Coping With Diagnosis- Part Two

Coping With Diagnosis- Part Two

http://www.icare4autism.org/personal-essay/coping-with-diagnosis-part-two.html

Author: Jacki Edry

Receiving a diagnosis of autism can be very confusing. Within the blink of an eye, an ordinary family is bombarded with a bunch of names that create a whirlpool of mixed emotions. These often include fear, anger, confusion and anxiety. Along with this, sometimes people experience a feeling of great relief at finally having a name for the unusual symptoms that they have watched develop in front of their eyes.

One thing I think is for certain, though- I can’t imagine that any person remains the same after hearing the diagnosis of an ASD. The question is how they decide to change their life in light of the news.

Once overcoming the initial shock of diagnosis, it is important to figure out how to proceed. This can be a major challenge, which begins with trying to understand what the diagnosis of autism really means. Sometimes I think that doctors need to provide parents with a glossary of all of the autism-related terminology that they will need to understand almost immediately. Such a glossary could help to familiarize people with the words that will be thrown around in almost every professional setting that they will find themselves in. It could perhaps shed a bit of light on diagnostic terms such as ASD’s, PDD, autism, Asperger’s Syndrome and the likes. It would help to familiarize people with the names of different treatments, such as ABA, Options, Floor Time, Verbal Behavior, and so on.
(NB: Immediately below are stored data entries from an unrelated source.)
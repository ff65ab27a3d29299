// The command `balance`.
ghost use Rattle.std.specs.Prelude.{◌≡◌, IfOk, MatchResult};
ghost use Rattle.filing.specs.Volumes.{entries_of};
ghost use Rattle.report.specs.Balances.{balance_of};

use crate::answers::{Done, refused, rows};
use crate::lines::BalanceLine;
use archive::Archive;
use filing::VolumeFault;
use report::Pair;
use shelf::Shelf;
use std::alloc::{AllocError, Global};
use sums::Row;

// The balance of all entries, from a table that is never too short, as it has a row for each record of the shelf. It is not inlined, so
// that bench/ can count it by itself.
#[inline(never)]
fn balance_rows<S: Shelf + Drop>(
    heap: Global,
    archive: &Archive<S>,
) -> Result<Result<Vec<Row<Pair>>, VolumeFault>, AllocError>
    ensures { IfOk result (λ answer. MatchResult answer (λ rows. rows.items ≡ balance_of (entries_of (S.records archive.now.shelf))) (λ _. ⊥)) }
{
    let mut table = vec![in heap; Row::zero(); archive.count()]?;
    match archive.balance(&mut table) {
        Ok(filled) => {
            table.truncate(filled);
            Ok(Ok(table))
        }
        Err(fault) => Ok(Err(fault)),
    }
}

// The rows as lines, one for each, in one text.
fn lines_of(heap: Global, table: &[Row<Pair>]) -> Result<String, AllocError> {
    let mut lines = String::new(heap);
    for row in table {
        let row = BalanceLine(*row);
        let line = format!(in heap; "{row}")?;
        lines.push_str(line.as_str())?;
    }
    Ok(lines)
}

pub fn balance<S: Shelf + Drop>(rt: &HostRuntime, head: &str, archive: &Archive<S>) -> Done {
    match balance_rows(rt.alloc(), archive)? {
        Ok(table) => {
            let many = rows(table.len());
            let lines = lines_of(rt.alloc(), &table)?;
            let lines = lines.as_str();
            println!(rt; "{head}: {many}")?;
            print!(rt; "{lines}")?;
            Ok(())
        }
        Err(fault) => refused(rt, head, fault),
    }
}
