// Rows and records as the lines that are printed.
use field::Currency;
use record::Row;
use report::Pair;
use std::fmt;

// A row as a line: number, code, party, money with two decimals, serial and form. A type of its own, since the line is the
// program's and the row the library's.
#[derive(Clone, Copy, Debug, PartialEq, Eq)]
pub struct RowLine(pub Row);

impl fmt::Display for RowLine {
    fn fmt<W: fmt::Write>(&self, f: &mut fmt::Formatter<W>) -> fmt::Result {
        let row = self.0;
        let number = row.number;
        let code = row.code;
        let party = row.party;
        let whole = row.money / 100;
        let part = row.money % 100;
        let serial = row.serial;
        let form = row.reference;
        writeln!(
            f,
            "  {number} {code:02} {party} {whole}.{part:02} {serial} {form}"
        )
    }
}

// A record as a line behind two blanks. Its bytes are Latin-1, and each is printed as its character.
#[derive(Clone, Copy, Debug, PartialEq, Eq)]
pub struct RecordLine(pub [u8; 80]);

impl fmt::Display for RecordLine {
    fn fmt<W: fmt::Write>(&self, f: &mut fmt::Formatter<W>) -> fmt::Result {
        f.write_str("  ")?;
        for byte in &self.0 {
            f.write_char(*byte as char)?;
        }
        f.write_str("\n")
    }
}

// A row of a balance as a line: payee, currency, and what was paid less what was deducted, with two decimals. That is never below zero,
// as it is what the deposits come to.
#[derive(Clone, Copy, Debug, PartialEq, Eq)]
pub struct BalanceLine(pub sums::Row<Pair>);

impl fmt::Display for BalanceLine {
    fn fmt<W: fmt::Write>(&self, f: &mut fmt::Formatter<W>) -> fmt::Result {
        let row = self.0;
        let payee = row.key.payee;
        let currency = match row.key.currency {
            Currency::Sek => "SEK",
            Currency::Eur => "EUR",
        };
        let left = row.added.saturating_sub(row.taken);
        let whole = left / 100;
        let part = left % 100;
        writeln!(f, "  {payee} {currency} {whole}.{part:02}")
    }
}
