// The command `check`.
ghost use Rattle.std.specs.Prelude.{◌≡◌, IfOk};
ghost use Rattle.manual.specs.Judging.{check_of};
ghost use Rattle.manual.specs.Laws.{judging};

use file::check;
use manual::FileFault;
use record::{Edition, End};
use std::alloc::{AllocError, Global};
use sums::Row;

// What checking the file answers, with a table of so many payers. It is not inlined, so that bench/ can count it by itself.
#[inline(never)]
pub fn checked<E: Edition>(
    heap: Global,
    bytes: &[u8],
    edition: &E,
    payers: usize,
) -> Result<Result<End, FileFault>, AllocError>
    ensures { IfOk result (λ answer. answer ≡ check_of (judging payers) (E.meaning edition.now) bytes.now) }
{
    let mut table = vec![in heap; Row::zero(); payers]?;
    Ok(check(bytes, edition, &mut table))
}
As far as my experience has been, doctors don’t usually take the time to provide such a learning tool, and parents need to start researching things on their own.

There are so many different terms, and so much to learn, that I dare to make an unusual suggestion. I think that the best thing to do after receiving a diagnosis is to simply stop and breathe. And then it’s time to figure out what is really wrong with your child. The words and terminology that you will hear are just that, and they might just prove to be practically meaningless to you. For example, if you line up ten kids in a room who have been diagnosed with PDD, you may see some similarities. But you will see a ton of differences. So the diagnosis is not so important in relation to how you will actually decide to treat your child. A diagnosis is necessary to enable you to get services, but it does not really give you a lot of helpful information as to how to best help your child to overcome his difficulties. In order to figure this out, I suggest that you take into consideration the following concept.

Tip 2- Become a Scientist

What will help you to understand your child is to put everything aside and to start observing him. You will need to assess what he is or isn’t doing, and then you should try to figure out why he might be doing each particular thing. In short, you will need to become a scientist.

It is important to keep in mind that your child does things for a reason, and that the behaviors are often a symptom of something that is not working correctly. When you go to choose a treatment plan, you might want to find something that addresses the root of the problem, as opposed to a program that addresses strictly behavioral issues.

It is well known that ASD’s usually come in combination with a faulty sensory processing system. Examples of this can be poor auditory processing, hypersensitivity to tactile or auditory stimulation, a lack of spatial awareness and more. Finding out which senses aren’t processing information correctly is a good place to start analyzing your child. The more data that you gather, the easier will be to decide how to start treatment. I suggest that you concentrate on the “what” and “why” to begin with, as opposed to looking at what is considered to be appropriate or inappropriate behavior.

Throughout the almost 12 years that I have been observing my son, I have noticed an amazing thing. The things that he concentrates on are the exact things that he needs to work on. He has an intrinsic knowledge of what he needs to focus on. If we begin with him where he is at and then expand upon what he is doing to include things that we want him to focus on, we strike gold.

I am well aware of the fact that I am not the first person to make this observation. Treatment methodologies, such as the unique system used at the International Center for the Enhancement of Learning Potential in Jerusalem, Floor Time and Options all take this into account. Although this concept is certainly not something that I have discovered, it is something that I see in action every day. What I want to stress is the importance of its value.

In conclusion, I would like to reinforce the few critical points that I have mentioned in this article. Once you begin to recover from the initial shock of hearing a diagnosis, you will begin a long and fascinating journey, during which you will discover many new things about yourself and your child. If you take the time to stop and observe your child’s behavior, it will help you to understand the best way to begin formulating a treatment plan. And remember to keep in mind you should never underestimate your child’s ability to find the exact tools to help himself. He can certainly become his own- and your own- best teacher.

*The use of the word “his” throughout the article was strictly for the convenience of the reader. Please note that all concepts are equally relevant for both males and females.